作者:让-皮埃尔·德福(Jean-PierreDeffieux)

弗洛伊德事业学派分析师

译者:方露茜

译者按:这是常态精神病的一例经典个案。分析师借由此个案清晰地呈现了拉康70年代提出的圣状理论在常态精神病临床中的运用。如今,常态精神病主体在临床中越来越常见,而它的诊断和干预方向都带有其特殊性,都需要相当精微的判断和操作。在这两个方面,圣状理论都为拉康派的临床工作者提供了一个重要的参考系。原文系让-皮埃尔·德福于年在阿卡雄会谈(laconversationd’arcachon)上做的一个报告,后收录于《阿卡雄会谈:罕见个案/临床中的不可归类》一书。

在弗洛伊德那里,B先生可能会被判定为自恋型神经症。在贝格瑞(Bergeret)那里,他也许会被放进“边缘人格”的范畴。如果他遇到的一位深谙DSM-4的美国精神科医生,他很可能会被诊断成情绪障碍。而一位IPA(国际精神分析协会)的分析师,即使他蔑视结构分类以便不干扰倾听,也大概会把他听成一个癔症病人。

那拉康派分析师会怎么说呢?这取决于他依据的是拉康哪个时期的教学。如果他仅仅参考拉康50年代的教学,也就是父名的临床,我不确定他能找得着北。

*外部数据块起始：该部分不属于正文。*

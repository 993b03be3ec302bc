//! Reading lists.
ghost use Rattle.std.specs.Prelude.{◌<◌, length, IfOk};
ghost use Rattle.ron_spec_grammar.specs.Schema.{seq};
ghost use Rattle.ron_de_steps.specs.Advance.{Advances};
ghost use Rattle.ron_de_parts.specs.Kept.{Kept};
ghost use Rattle.ron_de_parts.specs.Slices.{IsSliced, StringsAreSliced};
ghost use Rattle.ron_de_parts.specs.Values.{ReadsShape};
ghost use Rattle.ron_de.specs.Turns.{SettlesShape};

use crate::elements::{Elements, read_elements};
use ron_base::error::{Error, Result};
use ron_data::data::Data;
use ron_de_parts::context::Context;
use ron_de_steps::gap::pass_gap;
use ron_lex::cursor::Cursor;

/// Reads a list whose items are of one shape.
#[cycle(read)]
#[inline(never)]
pub(crate) fn read_seq<'o>(
    context: &Context<'_, 'o>,
    cursor: &mut Cursor<'_>,
    item: usize,
) -> Result<Data<'o>>
    requires { item < length context.now.schema }
    ensures value { ReadsShape context.now (seq item) cursor.old result cursor.new.rest }
    ensures slice { IfOk result (IsSliced cursor.old.rest cursor.new.rest) }
    ensures advance { Advances (Kept context.now.source (StringsAreSliced cursor.old.rest) cursor.old.text) cursor.old result cursor.new }
    ensures turns { SettlesShape context.now.schema cursor.old result cursor.new }
{
    if !cursor.take('[') {
        return Err(Error::ExpectedArray);
    }
    pass_gap(cursor)?;
    let inner = context.deeper()?;
    let items = read_elements(&inner, cursor, Elements::All(item), ']')?;
    cursor.pass(']');
    Ok(Data::Seq(items))
}
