//! The items of lists and tuples.
ghost use Rattle.std.specs.Prelude.{◌≡◌, ◌<◌, ◌≤◌, true, length, OnOk, IfErr};
ghost use Rattle.ron_spec_words.specs.Runs.{is_at};
ghost use Rattle.ron_spec_grammar.specs.Turns.{shape_after};
ghost use Rattle.ron_de_steps.specs.Steps.{past_item, GoesTo};
ghost use Rattle.ron_de_steps.specs.Advance.{Advances};
ghost use Rattle.ron_de.specs.Elements.{elements_view, AreBelow, Encloses, ReadsElements, ReadsElement};
ghost use Rattle.std.specs.List.{All};
ghost use Rattle.ron_de_parts.specs.Errors.{IsOfText};
ghost use Rattle.ron_de_parts.specs.Kept.{Kept};
ghost use Rattle.ron_de_parts.specs.Slices.{StringsAreSliced, ItemsAreSliced};
ghost use Rattle.ron_de.specs.Turns.{SpendsItems, LeadsPast};
ghost use Rattle.ron_lex.specs.Turns.{Moves};

use crate::value::read_value;
use ron_base::error::{Error, Result};
use ron_data::data::Data;
use ron_de_parts::context::Context;
use ron_de_steps::steps::read_comma;
use ron_lex::cursor::Cursor;

/// Of which shapes items are, by their indices in the table.
#[derive(Clone, Copy)]
pub(crate) enum Elements<'s> {
    /// All of one shape.
    All(usize),
    /// One of each of these, in turn.
    Each(&'s [usize]),
}

impl Elements<'_> {
    /// The shape of the item behind so many.
    fn shape_after(self, count: usize) -> Option<usize>
        ensures { result ≡ shape_after (elements_view self.entry) count }
    {
        match self {
            Elements::All(index) => Some(index),
            Elements::Each(indices) => indices.get(count).copied(),
        }
    }
}

/// Reads items up to the closing character. The context is that of the items' list, a level below the value.
#[cycle(read)]
pub(crate) fn read_elements<'o>(
    context: &Context<'_, 'o>,
    cursor: &mut Cursor<'_>,
    elements: Elements<'_>,
    close: char,
) -> Result<Vec<Data<'o>>>
    requires in_range { AreBelow (length context.now.schema) (elements_view elements) }
    requires closes { Encloses close }
    ensures closed { OnOk result (is_at close cursor.new.rest ≡ true) }
    ensures value { ReadsElements context.now (elements_view elements.entry) close cursor.old result cursor.new.rest }
    ensures advance { Advances (Kept context.now.source (ItemsAreSliced cursor.old.rest) cursor.old.text) cursor.old result cursor.new }
    ensures turns { SpendsItems context.now.schema cursor.old result cursor.new }
{
    let mut items = Vec::new(context.alloc());
    'items: while !cursor.is_at(close) {
        let item = read_element(context, cursor, elements, items.len())?;
        items.push(item)?;
        pass_element_end(cursor, elements, items.len(), close)?;
    }
    items.shrink_to_fit();
    Ok(items)
}

/// Goes past a comma, or stops at the closing character, behind so many items. Behind a tuple's last one nothing else
/// may stand.
fn pass_element_end(
    cursor: &mut Cursor<'_>,
    elements: Elements<'_>,
    count: usize,
    close: char,
) -> Result<()>
    ensures text { cursor.new.text ≡ cursor.old.text }
    ensures value { GoesTo (past_item close cursor.old.rest) result (cursor.new.gap, cursor.new.rest) }
    ensures no_longer { length cursor.new.rest ≤ length cursor.old.rest }
    ensures fault { IfErr result IsOfText }
    ensures turns { Moves 1 cursor.old result cursor.new }
{
    match read_comma(cursor, close) {
        Err(Error::ExpectedComma) if elements.shape_after(count).is_none() => {
            Err(Error::ExpectedStructLikeEnd)
        }
        result => result,
    }
}

/// Reads the item behind so many, a level below their list's own.
#[cycle(read)]
fn read_element<'o>(
    context: &Context<'_, 'o>,
    cursor: &mut Cursor<'_>,
    elements: Elements<'_>,
    count: usize,
) -> Result<Data<'o>>
    requires { AreBelow (length context.now.schema) (elements_view elements) }
    ensures value { ReadsElement context.now (elements_view elements.entry) count cursor.old result cursor.new.rest }
    ensures advance { Advances (Kept context.now.source (StringsAreSliced cursor.old.rest) cursor.old.text) cursor.old result cursor.new }
    ensures turns { SpendsItems context.now.schema cursor.old result cursor.new }
    ensures leads { LeadsPast cursor.old result cursor.new }
{
    let Some(index) = elements.shape_after(count) else {
        return Err(Error::ExpectedStructLikeEnd);
    };
    let inner = context.deeper()?;
    read_value(&inner, cursor, index)
}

为了让这一例个案变得不那么罕见,由此确定他合适的位置,我们应该参照圣状的临床。

许多我们当前无法归类,或者归错类的个案都来自于这个有待我们精研的临床。为这一临床奠定理论基础的是拉康70年代的教学及雅克-阿兰·米勒随后在讲座中提出的理论。

圣状的临床与拉康在50年代提出的神经症-精神病结构区分并不冲突。相反,它让我们能够把一类主体归到精神病的一侧。在此之前,这类主体一直被放进前述的诸种范畴,唯独精神病除外。

但这类主体是否等同于我们所熟知的精神病主体,即偏执狂和精神分裂症呢?抑或是我们应该提出一个新的术语,因为这类主体是如此的不同?假如我们从结构角度出发,从拉康在教学晚期提出的实在-符号-想象三界结的结构出发,那么大可不必新造一个术语。

这些主体虽然没有父名的支撑,但他们找到了某种以圣状扭结三界的方式,因此在一般情况下,甚至终其一生都相当稳定。这些主体真正颠覆了精神病的临床,因为他们摘掉了精神病主体头上缺陷性的帽子,包括能指的缺陷。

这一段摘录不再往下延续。